Here in Washington, voting has already begun on Referendum 71, which asks voters to reconfirm expanded domestic partnership rights which were signed into law in May, 2009. I've discussed this before, but I'm going to say it again: if you live in Washington State, are eligible to vote, and do not do so for any reason (barring ICU or earthquakes of apocalyptic proportions), you are not welcome in my real or virtual homes. I will block your email. I will unfollow you on Twitter. I will refuse you entry to our big parties. I will point you out at readings. I will turn my back on you in public. This is my line in the sand. I'm done with being wise and kind and understanding. Now is my time to be vengeful. You do not want to piss me off on this one.

So here's my challenge to all of you, wherever you live: talk about this. Blog about it. Donate money.
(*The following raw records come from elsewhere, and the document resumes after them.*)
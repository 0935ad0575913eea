// What workers ask of a post.
ghost use Rattle.std.specs.Prelude.{◌≡◌, ◌≢◌, ◌↔◌, ◌⊎◌, ◌+◌, ◌-◌, ◌<◌, ◌^◌};
ghost use Rattle.std.specs.Prelude.{[], IfErr, IfOk, IfSome, IsErrAnd, IsErrOf, OnErr, OnOk, length};
ghost use Rattle.std.specs.Sync.Mutex.{mutex_guard_value};
ghost use Rattle.crossbeam_queue.specs.Passes.{view};
ghost use Rattle.flusher.specs.Claims.{Releases};
ghost use Rattle.flusher.specs.Counted.{IsCounted};
ghost use Rattle.flusher.specs.Faults.{IsOfStation, IsPutOffFault, IsShedFault};
ghost use Rattle.flusher.specs.Moments.{AtSomeMoment, HoldsStray, IsStray};
ghost use Rattle.flusher.specs.Refuses.{RefusesHeldOf, RefusesOutcomeOf, ThenSent};
ghost use Rattle.flusher.specs.Reports.{KeepsReport};
ghost use Rattle.flusher.specs.Room.{IsCountFull};
ghost use Rattle.flusher.specs.Sent.{IsSent};
ghost use Rattle.note_queue.specs.Noted.{IsOnlySent};
ghost use Rattle.note_queue.specs.Relay.{Relayed, WasSeen};
ghost use Rattle.note_queue.specs.Words.{front_of, sending};
ghost use Rattle.peer_queue.specs.Faults.{IsEndFault};
ghost use Rattle.peer_queue.specs.Front.{IsBroken, IsSame, KeepsNotes, places_of, unsent_of};
ghost use Rattle.peer_queue.specs.FrontCalls.{Finishes, Sheds};
ghost use Rattle.peer_queue.specs.DebtPlace.{moved, place_until};
ghost use Rattle.peer_queue.specs.declared.fault.StationFault.{StationFault};

use crate::front_desk::{FrontDesk, NoCopy};
use crate::noted::Noted;
use crate::share::FeederShare;
use crate::tally::Tally;
use crate::tape_desk::TapeDesk;
use crate::{Naming, Post, PostFault, Reported};
use conn_core::{CxnId, Outcome};
use disk_model::Disk;
use ledger_core::{Debt, Totals};
use peer_queue::{Settled, Shed, StationFault};
use recovery::PENDING_MAX_NOTES;
use std::hint::spin_loop;
use std::sync::atomic::Ordering;
use std::sync::{Mutex, MutexGuard, Wait};

// Half of the notes that may pend at a front.
const HALF_FULL_NOTES: usize = PENDING_MAX_NOTES / 2;

// How often a call looks whether a front or a tally is free, before it sleeps or is refused. Such a lock is held for
// microseconds, and a sleep costs more.
const LOOKS_MAX: u32 = 1_000;

// How often a call looks whether a tape is free, before it is refused. A disk may be synced under that lock.
const TAPE_LOOKS_MAX: u32 = 100;
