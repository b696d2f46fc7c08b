use crate::Why;

/// Why no trace was read.
#[derive(Clone, Copy, PartialEq, Eq)]
pub enum TraceFault {
    /// This line of the bytes, counted from 1, is the first that is outside the grammar, and why.
    BadLine { line: u64, why: Why },
    /// There are more bytes than a trace may have. So many were read.
    TooLong { bytes: u64 },
    /// The source failed.
    ReadFault,
    /// Memory was refused.
    NoMemory,
}

/// Why a line was not taken.
#[derive(Clone, Copy)]
pub(crate) enum NotTaken {
    /// No line of the kind stands there.
    Refused,
    /// Memory was refused.
    NoMemory,
}
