//! Lines and words.
ghost use Rattle.std.specs.Prelude.{◌≡◌, ◌∷◌, [], ◌==◌, true, false, if◌then◌else◌, ◌<◌, ◌≤◌, length, IfSome, MatchOption};
ghost use Rattle.std.specs.List.{prefix_len};
ghost use Rattle.trace_reading.specs.Causes.{parts, parts_behind};

/// What stands before the first such byte, and the bytes from it on.
pub fn cut(separator: u8, bytes: &[u8]) -> (&[u8], &[u8])
    ensures parts { parts separator bytes.now ≡ result.0.now ∷ parts_behind separator result.1.now }
    ensures shorter { length result.1.now ≤ length bytes.now }
{
    bytes.split_at(before(separator, bytes))
}

/// How many bytes stand before the first such byte.
fn before(separator: u8, bytes: &[u8]) -> usize
    ensures { result ≡ prefix_len (λ byte. if byte == separator then false else true) bytes.now }
{
    for (count, byte) in bytes.iter().enumerate() {
        if *byte == separator {
            return count;
        }
    }
    bytes.len()
}

/// The next word, and the bytes from the space behind it on.
pub fn next_word(words: &[u8]) -> Option<(&[u8], &[u8])>
    ensures shorter { IfSome result (λ cut. length cut.1.now < length words.now) }
    ensures words { MatchOption result (parts_behind 32 words.now ≡ []) (λ cut. parts_behind 32 words.now ≡ cut.0.now ∷ parts_behind 32 cut.1.now) }
{
    match words {
        [_, text @ ..] => Some(cut(b' ', text)),
        [] => None,
    }
}

/// How many words are left.
pub(crate) fn count_words(words: &[u8]) -> usize
    ensures { result ≡ length (parts_behind 32 words.now) }
{
    let mut count = 0;
    let mut rest = words;
    'words: while let Some((_, behind)) = next_word(rest) {
        count += 1;
        rest = behind;
    }
    count
}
If you live in Washington State, talk to your neighbours, your co-workers, the woman in the checkout line. Ask them if they know any gay or lesbian people. Tell them that, in your opinion, voting yes, voting to approve referendum 71 is the right thing to do. Tell them Lisa Pond's story. Feel free, also, to tell them that if us queers do not get our rights we will rise up: the big bad butches will rip the tires off your car. The gay salon owners will burn your hair off. And all the queer cops and dental hygenists and plumbers and customer service people will fuck up your lives to the point of misery.

If you don't live here, think of someone you know who does, and call them. Talk to them. Send them Facebook messages. Write them a letter--but be quick.

This is happening today, this week, this month. Act now.

When you've done something, let me know in the comments. Perhaps it will encourage others to do something, too.